# Via Text?



## keepittogether (Jun 8, 2018)

If you have been following my threads you know my D and I cannot talk - he has anger issues and is coming unglued. He sent me a text this morning from work telling me that we should "write out our issues" since we can't talk. I have a feeling he might have seen or talked to a lawyer at his place of business so I am not sure I want to put anything in writing. I told him no more letters. He flat out asked me if it was over.

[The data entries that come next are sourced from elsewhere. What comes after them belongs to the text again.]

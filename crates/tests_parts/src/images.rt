//! Images made by hand: which of them are sound, and what they hold.
//!
//! Each is the array of five disks and five rows, with gears 4 and 5, as it is formatted, with
//! some changes.

use paraid_base::{Block, BlockNo, DiskNo, Pairs, Place};
use paraid_plain::{
    Image, Side, Statement, block_after, block_of, content, is_dirty, is_sound, out_of, side_of,
    standing_of, value_of,
};
use paraid_rack::Power;
use std::alloc::Global;
use std::process::Abort;

/// The bytes of the meta before its zeros, by hand from the layout of the block.
pub const META: [u8; 118] = [
    0x50, 0x41, 0x52, 0x41, 0x49, 0x44, 0x41, 0x52, 0x00, 0x02, 0x05, 0x02, 0x04, 0x05, 0x00, 0x00,
    0x00, 0x00, 0x00, 0x00, 0x00, 0x00, 0x00, 0x05, 0x00, 0x00, 0x00, 0x01, 0x00, 0x00, 0x00, 0x64,
    0x50, 0x3c, 0x00, 0x01, 0x03, 0xe8, 0x00, 0x00, 0x00, 0x00, 0x00, 0x64, 0x00, 0x00, 0x00, 0x00,
    0x00, 0x00, 0x00, 0x01, 0x00, 0x00, 0x00, 0x00, 0x00, 0x00, 0x00, 0x00, 0x00, 0x00, 0x00, 0x00,
    0x00, 0x00, 0x00, 0x00, 0x05, 0x00, 0x00, 0xff, 0x00, 0x00, 0x00, 0x00, 0x00, 0x00, 0x00, 0x00,
    0x00, 0x00, 0x00, 0x00, 0x00, 0x00, 0x00, 0x00, 0x00, 0x00, 0x00, 0x00, 0x00, 0x00, 0x00, 0x00,
    0x00, 0x00, 0x00, 0x00, 0x00, 0x00, 0x23, 0x28, 0x00, 0x00, 0x03, 0x84, 0x00, 0x00, 0xea, 0x60,
    0x00, 0x64, 0x00, 0x00, 0x00, 0x01,
];

// Where fields of the meta stand; of a longer one the last byte.
const EPOCH: usize = 51;

const WRITES: usize = 59;

const TICKS: usize = 67;

const GEAR: usize = 68;

const PHASE: usize = 69;

const TO: usize = 70;

const OUT: usize = 71;

const FRESH: usize = 72;

const FILL: usize = 79;

const REBUILT: usize = 83;

const SPINS_OF_4: usize = 93;

/// A change of an image.
#[derive(Clone, Copy)]
enum Change {
    Nothing,
    /// A byte of a block.
    Byte(DiskNo, Place, usize, u8),
    /// All bytes of a block.
    Fill(DiskNo, Place, u8),
    /// A byte of the metas of both log disks.
    MetaByte(usize, u8),
    /// The log of the write of block 7.
    Log(DiskNo),
    Powered(DiskNo, Power),
    /// A disk has one block less.
    Short(DiskNo),
    /// There is one slot less.
    Fewer,
}

use Change::{Byte, Fewer, Fill, Log, MetaByte, Nothing, Powered, Short};

/// Fills a row of a table up. A row that held a slice would be steps of its own in the proof of
/// what walks the table.
const NO: Change = Nothing;

/// A block of these bytes and then zeros.
pub fn block_with(bytes: &[u8]) -> Block {
    let mut block = Block::zero();
    for at in 0..bytes.len() {
        if at < 512 {
            block.set(at, bytes[at]);
        }
    }
    block
}

pub fn filled_with(byte: u8) -> Block {
    Block::from_array([byte; 512])
}

fn put(image: &mut Image, disk: DiskNo, place: Place, block: &Block) {
    if (place as usize) < image.size(disk) {
        image.set_block(disk, place, block);
    }
}

fn put_byte(image: &mut Image, disk: DiskNo, place: Place, at: usize, byte: u8) {
    if at < 512 && (place as usize) < image.size(disk) {
        image.set_byte(disk, place, at, byte);
    }
}

/// Block 7 is the cell of row 1 and disk 4. Its copy is on disk 1, the parity of the copy and the
/// hard parity of the row are on disk 3, and its dirty bit is bit 4 of byte 1 of the map.
fn put_log(image: &mut Image, disk: DiskNo) {
    let mut meta = block_with(&META);
    for (at, byte) in [(EPOCH, 6), (WRITES, 1), (TICKS, 2), (GEAR, 4)] {
        if at < 512 {
            meta.set(at, byte);
        }
    }
    put(image, disk, 2, &meta);
    let targets = [
        0, 5, 1, 0, 0, 0, 106, 3, 0, 0, 0, 106, 3, 0, 0, 0, 102, 0, 0, 0, 0, 100, 1, 0, 0, 0, 100,
    ];
    put(image, disk, 3, &block_with(&targets));
    for place in 4..7 {
        put(image, disk, place, &filled_with(0x77));
    }
    put(image, disk, 7, &block_with(&[0, 16]));
    put(image, disk, 8, &block_with(&[0, 16]));
}

fn apply(image: &mut Image, change: Change) {
    match change {
        Nothing => {}
        Byte(disk, place, at, byte) => put_byte(image, disk, place, at, byte),
        Fill(disk, place, byte) => put(image, disk, place, &filled_with(byte)),
        MetaByte(at, byte) => {
            put_byte(image, 0, 1, at, byte);
            put_byte(image, 1, 1, at, byte);
        }
        Log(disk) => put_log(image, disk),
        Powered(disk, power) => {
            if (disk as usize) < image.slots() {
                image.set_power(disk, power);
            }
        }
        Short(disk) => {
            if let Some(slot) = image.slots.get_mut(disk as usize) {
                slot.blocks.pop();
            }
        }
        Fewer => {
            image.slots.pop();
        }
    }
}

// Five disks of zeros.
fn blank(alloc: Global) -> Option<Image> {
    let mut image = Image::new(alloc);
    for _disk in 0..5 {
        image.add(alloc, Power::Spinning, 108).ok()?;
    }
    Some(image)
}

/// The array as it is formatted, with these changes.
fn array(alloc: Global, base: &[Change], changes: &[Change]) -> Option<Image> {
    let mut image = blank(alloc)?;
    put(&mut image, 0, 1, &block_with(&META));
    put(&mut image, 1, 1, &block_with(&META));
    for change in base {
        apply(&mut image, *change);
    }
    for change in changes {
        apply(&mut image, *change);
    }
    Some(image)
}

/// Changes of an array, a number of writes, and whether the array with them holds so many.
type Row = ([Change; 3], u64, bool);

// Whether the array with the changes of a row, after those of the base, holds so many writes of
// the history as the row says.
fn is_met(alloc: Global, base: &[Change], history: &[Pairs], row: &Row) -> bool {
    match array(alloc, base, &row.0) {
        Some(image) => is_sound(&image, history, row.1) == row.2,
        None => false,
    }
}

fn check(rt: &(impl Abort + AllocGlobal), base: &[Change], history: &[Pairs], rows: &[Row]) {
    for (at, row) in rows.iter().enumerate() {
        assert!(rt; is_met(rt.alloc(), base, history, row), "row {at}");
    }
}

/// The array after a shift down to gear 4.
const DOWN: [Change; 4] = [
    MetaByte(EPOCH, 5),
    MetaByte(TICKS, 2),
    MetaByte(GEAR, 4),
    Powered(4, Power::Parked),
];

/// The array after a shift down to gear 4 and the write of block 7.
const WRITTEN: [Change; 12] = [
    MetaByte(EPOCH, 6),
    MetaByte(WRITES, 1),
    MetaByte(TICKS, 2),
    MetaByte(GEAR, 4),
    Powered(4, Power::Parked),
    Log(0),
    Log(1),
    Fill(1, 106, 0x77),
    Fill(3, 106, 0x77),
    Fill(3, 102, 0x77),
    Byte(0, 100, 1, 16),
    Byte(1, 100, 1, 16),
];

/// The array in the commit of that write, when the gate of disk 0 is open.
const OPENED: [Change; 7] = [
    MetaByte(EPOCH, 5),
    MetaByte(TICKS, 2),
    MetaByte(GEAR, 4),
    Powered(4, Power::Parked),
    Log(0),
    Log(1),
    Byte(0, 0, 0, 1),
];

/// A history of one write of block 7.
fn one_write() -> [Pairs; 1] {
    [Pairs::one(7, &filled_with(0x77))]
}

/// Changes of the formatted array.
const FORMATTED: [Row; 33] = [
    ([NO; 3], 0, true),
    ([NO; 3], 1, false),
    // A data byte and a parity byte; both together are another value.
    ([Byte(0, 101, 9, 1), NO, NO], 0, false),
    ([Byte(4, 101, 9, 1), NO, NO], 0, false),
    ([Byte(0, 101, 9, 1), Byte(4, 101, 9, 1), NO], 0, false),
    // In the highest gear no stripe is looked at.
    ([Byte(2, 106, 0, 1), NO, NO], 0, true),
    // A gate opened over zeros, and a meta in its place.
    ([Byte(0, 0, 0, 1), NO, NO], 0, false),
    ([Byte(1, 0, 0, 1), NO, NO], 0, false),
    ([Byte(1, 0, 511, 1), NO, NO], 0, true),
    // The metas differ, are unreadable, or say another number of writes.
    ([Byte(1, 1, TICKS, 1), NO, NO], 0, false),
    ([Byte(0, 1, 0, 0), NO, NO], 0, false),
    ([MetaByte(0, 0), NO, NO], 0, false),
    ([MetaByte(WRITES, 1), NO, NO], 0, false),
    ([MetaByte(WRITES, 1), NO, NO], 1, true),
    // One disk can be lost.
    ([Powered(0, Power::Absent), NO, NO], 0, true),
    ([Powered(2, Power::Absent), NO, NO], 0, true),
    (
        [Powered(2, Power::Absent), Powered(0, Power::Absent), NO],
        0,
        false,
    ),
    ([Powered(2, Power::Absent), MetaByte(OUT, 2), NO], 0, true),
    ([Powered(2, Power::Absent), MetaByte(OUT, 3), NO], 0, false),
    ([Powered(2, Power::Parked), NO, NO], 0, false),
    ([Powered(1, Power::Parked), NO, NO], 0, false),
    ([Powered(1, Power::Parked), MetaByte(OUT, 1), NO], 0, false),
    ([Short(3), NO, NO], 0, false),
    ([Short(3), MetaByte(OUT, 3), NO], 0, true),
    ([Fewer, NO, NO], 0, false),
    // The standing disk is named out.
    ([MetaByte(OUT, 0), NO, NO], 0, false),
    ([MetaByte(OUT, 1), NO, NO], 0, true),
    // A witness is open against a log disk that is in, that is out, and that is absent; and one is
    // closed.
    ([Byte(2, 0, 0, 1), NO, NO], 0, false),
    ([Byte(2, 1, 511, 1), NO, NO], 0, true),
    ([Byte(2, 1, 0, 1), MetaByte(OUT, 1), NO], 0, true),
    ([Byte(2, 0, 0, 1), MetaByte(OUT, 1), NO], 0, false),
    ([Byte(2, 0, 0, 1), Powered(0, Power::Absent), NO], 0, true),
    ([Byte(2, 0, 0, 1), Powered(1, Power::Absent), NO], 0, false),
];

#[test]
fn a_formatted_array_holds_no_write(rt: HostRuntime) {
    check(&rt, &[], &[], &FORMATTED);
}

/// Changes of the array with its write, the writes that are asked for, and whether they are held.
const AFTER_WRITE: [Row; 28] = [
    ([NO; 3], 1, true),
    // A data byte, the hard parity, the copy, its parity, and a pad.
    ([Byte(0, 102, 0, 1), NO, NO], 1, false),
    ([Byte(3, 102, 0, 0), NO, NO], 1, false),
    ([Byte(1, 106, 0, 0), NO, NO], 1, false),
    ([Byte(3, 106, 0, 0), NO, NO], 1, false),
    ([Byte(3, 107, 0, 1), NO, NO], 1, false),
    // The row's data and parity together are another value of block 4.
    ([Byte(0, 102, 0, 1), Byte(3, 102, 0, 0x76), NO], 1, false),
    // A map bit on one mirror, and on both: then the stale hard place would count.
    ([Byte(1, 100, 1, 0), NO, NO], 1, false),
    ([Byte(0, 100, 1, 0), Byte(1, 100, 1, 0), NO], 1, false),
    // Bits of a disk below the gear, past the last disk and past the last row.
    ([Byte(0, 100, 1, 17), Byte(1, 100, 1, 17), NO], 1, false),
    ([Byte(0, 100, 1, 48), Byte(1, 100, 1, 48), NO], 1, false),
    ([Byte(0, 100, 5, 16), Byte(1, 100, 5, 16), NO], 1, false),
    // A further dirty cell, whose hard place no longer counts.
    ([Byte(0, 100, 0, 16), Byte(1, 100, 0, 16), NO], 1, true),
    ([Byte(4, 101, 0, 1), NO, NO], 1, false),
    ([Byte(4, 102, 0, 1), NO, NO], 1, true),
    // Gates open over the batch that was laid in place.
    ([Byte(0, 0, 0, 1), NO, NO], 1, true),
    ([Byte(0, 0, 0, 1), Byte(1, 0, 0, 1), NO], 1, true),
    ([Byte(0, 0, 0, 1), Byte(1, 1, TICKS, 3), NO], 1, false),
    // Lost disks: of the copy, of the parity, of a log disk, of the parked disk.
    ([Powered(1, Power::Absent), NO, NO], 1, true),
    ([Powered(3, Power::Absent), NO, NO], 1, true),
    ([Powered(0, Power::Absent), NO, NO], 1, true),
    ([Powered(2, Power::Absent), NO, NO], 1, true),
    ([Powered(4, Power::Absent), NO, NO], 1, true),
    ([MetaByte(OUT, 2), NO, NO], 1, true),
    ([MetaByte(OUT, 2), Powered(4, Power::Absent), NO], 1, false),
    ([Powered(4, Power::Spinning), NO, NO], 1, true),
    ([Powered(3, Power::Parked), NO, NO], 1, false),
    ([Short(4), NO, NO], 1, false),
];

/// Another history, which ends with the same bytes.
fn two_writes() -> [Pairs; 2] {
    [
        Pairs::one(7, &filled_with(0x78)),
        Pairs::one(7, &filled_with(0x77)),
    ]
}

const BY_ANOTHER_HISTORY: [Row; 2] = [([NO; 3], 1, false), ([NO; 3], 2, false)];
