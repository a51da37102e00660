//! The witnesses that disk 2 bears against the log disks. Its place `x` is open, as a gate is,
//! where log disk `x` was out: then a mount that finds the other log disk absent refuses what log
//! disk `x` says. They stand on disk 2, which spins in every gear, and not on the log disk, which
//! may be away as it is taken out.
ghost use Rattle.std.specs.Prelude.{◌≡◌, ◌≢◌, ℕ, ◌<◌, ◌⊎◌, true, false, Some, None, Ok, IfOk, IfSome};
ghost use Rattle.paraid_rack.specs.declared.call.Power.TheVariants.{Spinning};
ghost use Rattle.paraid_rack.specs.Told.{Ran};
ghost use Rattle.paraid_txn.specs.Borne.{IsBorneNow};
ghost use Rattle.paraid_txn.specs.Commit.{gone_out};
ghost use Rattle.paraid_txn.specs.CommitPart.{SyncedPart};
ghost use Rattle.paraid_txn.specs.Uses.{UsesWitness};
ghost use Rattle.paraid_image.specs.Out.{or_else};
ghost use Rattle.paraid_image.specs.Sides.{is_open};
ghost use Rattle.paraid_record.specs.declared.meta.Meta.{Meta as MetaType};
ghost use Rattle.paraid_txn.specs.Witness.{CannotSet, IsFirstWitness, IsLastWitness, MaySetWitness, SetsWitness};

use crate::bearing::{Bearing, Witness};
use crate::calls::{put, sync_slot};
use crate::gates::gate;
use crate::losses::Losses;
use paraid_base::{Block, DiskNo, Place, Two, WITNESS_DISK};
use paraid_rack::{Power, Rack};
use paraid_record::Meta;

// The witness against this disk is borne, if it is a log disk.
fn against(out: Option<DiskNo>) -> Option<Witness>
    ensures some { IfSome result (λ w. (out ≡ Some w.disk) × (w.opened ≡ true)) }
    ensures none { result ≡ None → (x : ℕ) → x < 2 → out ≢ Some x }
{
    match out {
        Some(disk) if disk < 2 => Some(Witness { disk, opened: true }),
        _ => None,
    }
}

/// The log disk that comes in again: it was named out, and is so no longer.
pub(crate) fn joining(was: Option<DiskNo>, now: Option<DiskNo>) -> Option<DiskNo>
    ensures some { (x : ℕ) → result ≡ Some x → (x < 2) × (was ≡ Some x) × (now ≢ Some x) }
    ensures none { result ≡ None → (x : ℕ) → x < 2 → was ≡ Some x → now ≡ Some x }
{
    match was {
        Some(disk) if disk < 2 && now != Some(disk) => Some(disk),
        _ => None,
    }
}

/// What is set before the steps of a commit: the witness against a log disk that comes in again is
/// taken back; or, if none is borne, one is borne against a log disk that is absent.
pub(crate) fn first_witness(out: Bearing, now: Option<DiskNo>) -> Option<Witness>
    ensures { IsFirstWitness out.absent out.named now out.borne result }
{
    if let Some(disk) = joining(out.named, now) {
        return Some(Witness {
            disk,
            opened: false,
        });
    }
    if out.borne.is_some() {
        return None;
    }
    against(out.absent)
}

// The disk that was lost, or else the one that is named out.
fn out_last(lost: Option<DiskNo>, now: Option<DiskNo>) -> Option<DiskNo>
    ensures { result ≡ or_else lost now }
{
    match lost {
        Some(disk) => Some(disk),
        None => now,
    }
}

/// What is set after them: the witness against a log disk that was lost in them, or is named out,
/// unless it is borne against it.
pub(crate) fn last_witness(
    lost: Option<DiskNo>,
    now: Option<DiskNo>,
    borne: Option<DiskNo>,
) -> Option<Witness>
    ensures { IsLastWitness lost now borne result }
{
    let out = out_last(lost, now);
    if out == borne {
        return None;
    }
    against(out)
}

// Whether the disk that bears witness can be written there.
fn can_bear<R: Rack>(rack: &R, skip: Option<DiskNo>, place: Place) -> bool
    requires { 2 < R.slot_count rack.now }
    ensures can { result ≡ true → (skip ≢ Some 2) × ((R.slot rack.now 2).power ≡ Spinning)
        × (place < (R.slot rack.now 2).size) }
    ensures cannot { result ≡ false → CannotSet (R.slot rack.now) skip place }
{
    skip != Some(WITNESS_DISK)
        && rack.power(WITNESS_DISK) == Power::Spinning
        && place < rack.size(WITNESS_DISK)
}

// Writes the place of a witness and makes disk 2 keep it.
fn write_witness<R: Rack>(
    rack: &mut R,
    losses: &mut Losses,
    skip: Option<DiskNo>,
    place: Place,
    block: &Block,
) -> Result<(), Two>
    requires exists { 2 < R.slot_count rack.old }
    requires low { place < 2 }
    requires unskipped { skip ≢ Some 2 }
    requires spinning { (R.slot rack.old 2).power ≡ Spinning }
    requires within { place < (R.slot rack.old 2).size }
    ensures leaves { (m : MetaType) → gone_out m.out ≡ skip
        → SyncedPart R.Rack (UsesWitness m) losses.old losses.new rack.old rack.new result }
    ensures told { Ran (R.told rack.old) (R.told rack.new) (λ s cs.
        SetsWitness place (is_open block.now) cs) }
{
    put(rack, losses, skip, WITNESS_DISK, place, block)?;
    sync_slot(rack, losses, skip, WITNESS_DISK) // before a step that counts on it
}

// The log disk against which witness is borne by this one, once it is set.
fn borne_by(witness: Witness) -> Option<DiskNo>
    ensures is { (x : ℕ) → result ≡ Some x → (witness.disk ≡ x) × (witness.opened ≡ true) }
    ensures opened { witness.opened ≡ true → result ≡ Some witness.disk }
{
    if witness.opened {
        return Some(witness.disk);
    }
    None
}

/// Sets a witness on disk 2. Nothing is done where that disk is gone, or cannot be written. It
/// answers against which log disk witness is borne then, as far as it knows.
pub(crate) fn set_witness<R: Rack>(
    rack: &mut R,
    losses: &mut Losses,
    meta: &Meta,
    witness: Witness,
) -> Result<Option<DiskNo>, Two>
    requires exists { 2 < R.slot_count rack.old }
    ensures leaves { SyncedPart R.Rack
        (UsesWitness meta.now) losses.old losses.new rack.old rack.new result }
    ensures told { Ran (R.told rack.old) (R.told rack.new) (λ s cs.
        MaySetWitness (R.slot rack.old) (gone_out meta.now.out) witness.disk witness.opened cs) }
    ensures known { IfOk result (λ borne. IsBorneNow borne (R.told rack.new)) }
    ensures opens { witness.opened ≡ true → IfOk result (λ borne. (borne ≡ Some witness.disk)
        ⊎ CannotSet (R.slot rack.old) (gone_out meta.now.out) witness.disk) }
{
    let skip = meta.out.gone();
    let place = u32::from(witness.disk);
    if !can_bear(rack, skip, place) {
        return Ok(None);
    }
    let block = gate(witness.opened);
    write_witness(rack, losses, skip, place, &block)?;
    Ok(borne_by(witness))
}
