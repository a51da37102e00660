//! That the definitions fit together. Each law is the contract of a function that does nothing.
ghost use Rattle.std.specs.Prelude.{◌≡◌, ℕ, ◌<◌, ◌⊎◌, [], false, Option, Some};
ghost use Rattle.paraid_base.specs.History.{History};
ghost use Rattle.paraid_rack.specs.Disks.{Disks, is_present};
ghost use Rattle.paraid_rack.specs.Trail.{disks};
ghost use Rattle.paraid_record.specs.declared.meta.Meta.{Meta as MetaType};
ghost use Rattle.paraid_image.specs.Rest.{AreSynced};
ghost use Rattle.paraid_txn.specs.Commit.{IsEachImage, IsEitherMissing, IsOldOrNew, ImageStandsForEither};
ghost use Rattle.paraid_txn.specs.Resume.{IsResumable, ImageStandsForResumed};
ghost use Rattle.paraid_image.specs.HeldAt.{IsHeld};
ghost use Rattle.paraid_image.specs.FirstWrites.{HoldsFirstWrites};
ghost use Rattle.paraid_image.specs.Out.{IsWeak, out_disk};
ghost use Rattle.paraid_image.specs.Sides.{Batch, LogState};
ghost use Rattle.paraid_image.specs.Sound.{AreWitnessesTrue};

/// What a stop in a commit leaves can be resumed, also where a log disk comes in again by it.
pub fn a_stop_in_a_commit_can_be_resumed()
    ensures { (start i : Disks) (before after : MetaType) (batch : Batch)
        → ImageStandsForEither start before after batch i → AreSynced i
        → (x : ℕ) × (said : LogState) × IsResumable i x said
        × ((said.meta ≡ before) ⊎ (said.meta ≡ after)) }
{}

/// The end of an interrupted commit leaves what is held, where each disk that is absent or was weak
/// is the one that is down.
pub fn an_ended_commit_leaves_what_is_held()
    ensures { (slots : ℕ) (s t : Disks) (x : ℕ)
        (said : LogState) (h : History) (lo : ℕ) (was down : Option ℕ) → IsResumable s x said
        → IsHeld slots s h lo was → ((d : ℕ) → d < said.meta.setup.geometry.disks
        → is_present (t.power d) ≡ false → down ≡ Some d) → ((w : ℕ) → IsWeak s w → down ≡ Some w)
        → IsEachImage said.meta said.meta (ImageStandsForResumed s x said) t
        → IsHeld slots t h lo down }
{}

/// A commit leaves what is held, where what the batch brings holds a first part of the history too,
/// the witnesses were true, and each disk that is absent or named out by one of the two metas is
/// the one that is down.
pub fn a_commit_leaves_what_is_held()
    ensures { (slots : ℕ) (s t : Disks) (before after : MetaType) (batch : Batch)
        (h : History) (lo : ℕ) (down : Option ℕ) → HoldsFirstWrites slots s before [] h lo
        → HoldsFirstWrites slots s after batch h lo → AreWitnessesTrue s (out_disk s.power before)
        → ((d : ℕ) → IsEitherMissing t.power before after d → down ≡ Some d)
        → IsOldOrNew s before after batch t → IsHeld slots t h lo down }
{}
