//! The setup and the state that the log disks keep.

use paraid_base::{Geometry, Out, Phase};

/// How a shift up brings back what was written meanwhile.
#[derive(Clone, Copy)]
pub enum Mode {
    /// One tick of a shift up moves all units that are left, whatever the rate. A read changes
    /// nothing.
    Whole,
    /// A tick of a shift up moves as many units as the rate says. A read of a dirty cell of a disk
    /// that comes up makes it clean, where no disk is out.
    Access,
}

/// What an array is configured to be. It never changes once the array is formatted.
#[derive(Clone, Copy)]
pub struct Setup {
    pub geometry: Geometry,
    pub mode: Mode,
    /// The most units that a tick moves, 1 to 65,536. In mode `Whole` it does not bound a shift up.
    pub rate: u32,
    /// How many reads and writes a powered disk serves between two ticks, 1 to 1,048,576.
    pub service: u32,
    /// A shift up is due from this mean load of the present gear on, in percent, 1 to 100.
    pub up: u8,
    /// A shift down is due up to this load of the next lower gear, mean and deviation together, in
    /// percent, 1 to 100.
    pub down: u8,
    /// The lengths of the windows in samples, 1 to 1,024. An unused window is 0.
    pub windows: [u16; 3],
    /// The most spin-ups of a disk, 1 to 65,535.
    pub ration: u16,
    /// The spin-ups that a disk may have at once, 1 to the ration.
    pub burst: u16,
    /// After how many ticks a disk may have one spin-up more, 1 to 4,294,967,295.
    pub period: u32,
    /// The energy of a spinning disk between two ticks, in millijoules, 0 to 1,048,576.
    pub spinning_mj: u32,
    /// The energy of a parked disk between two ticks, in millijoules, 0 to 1,048,576.
    pub parked_mj: u32,
    /// The energy of a spin-up, in millijoules, 0 to 1,048,576.
    pub spinup_mj: u32,
}

/// The setup and the state of an array, as its log disks keep them.
#[derive(Clone, Copy)]
pub struct Meta {
    pub setup: Setup,
    /// How it is spelled: version 2 spells the burst and the period, and version 1 does not.
    pub version: u8,
    /// The number of the commit that wrote it, from 1.
    pub epoch: u64,
    /// The number of writes that were accepted.
    pub writes: u64,
    /// The number of ticks that were counted.
    pub ticks: u64,
    /// The number of disks that are powered when no shift is under way, one of the gears.
    pub gear: u8,
    pub phase: Phase,
    /// How many stripes of the region of the new gear are filled.
    pub fill: u32,
    pub out: Out,
    /// The recorded spin-ups of each disk since its last attach, 0 past the last disk.
    pub spins: [u16; 8],
}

ADVICE: Should I just say yes? Will this cause him to shut me down from the checking account, etc. I am afraid of the consequences without having lined up my lawyer yet.


----------



## Ursula (Dec 2, 2016)

Your D? Dad? Daughter? Doting husband? Dude?
Personally, I think that this is a bigger issue that needs to be talked about in-person, or at the very least, over the phone. I certainly wouldn't even try to communicate things like this over text messaging. And, that is what I would reply to your D: that you won't talk about this over text, and that it can wait until the evening, when you see each other. 

Also, if you're scared to put things in writing, then I certainly wouldn't do that, as things in writing can be used against you at a later date.


----------



## TeddieG (Sep 9, 2015)

Before you agree to talk to him, why don't you talk to an attorney, and ask what happens if you answer his question with "yes" when he asks if it is over. There may be steps you could take to protect yourself before you respond. 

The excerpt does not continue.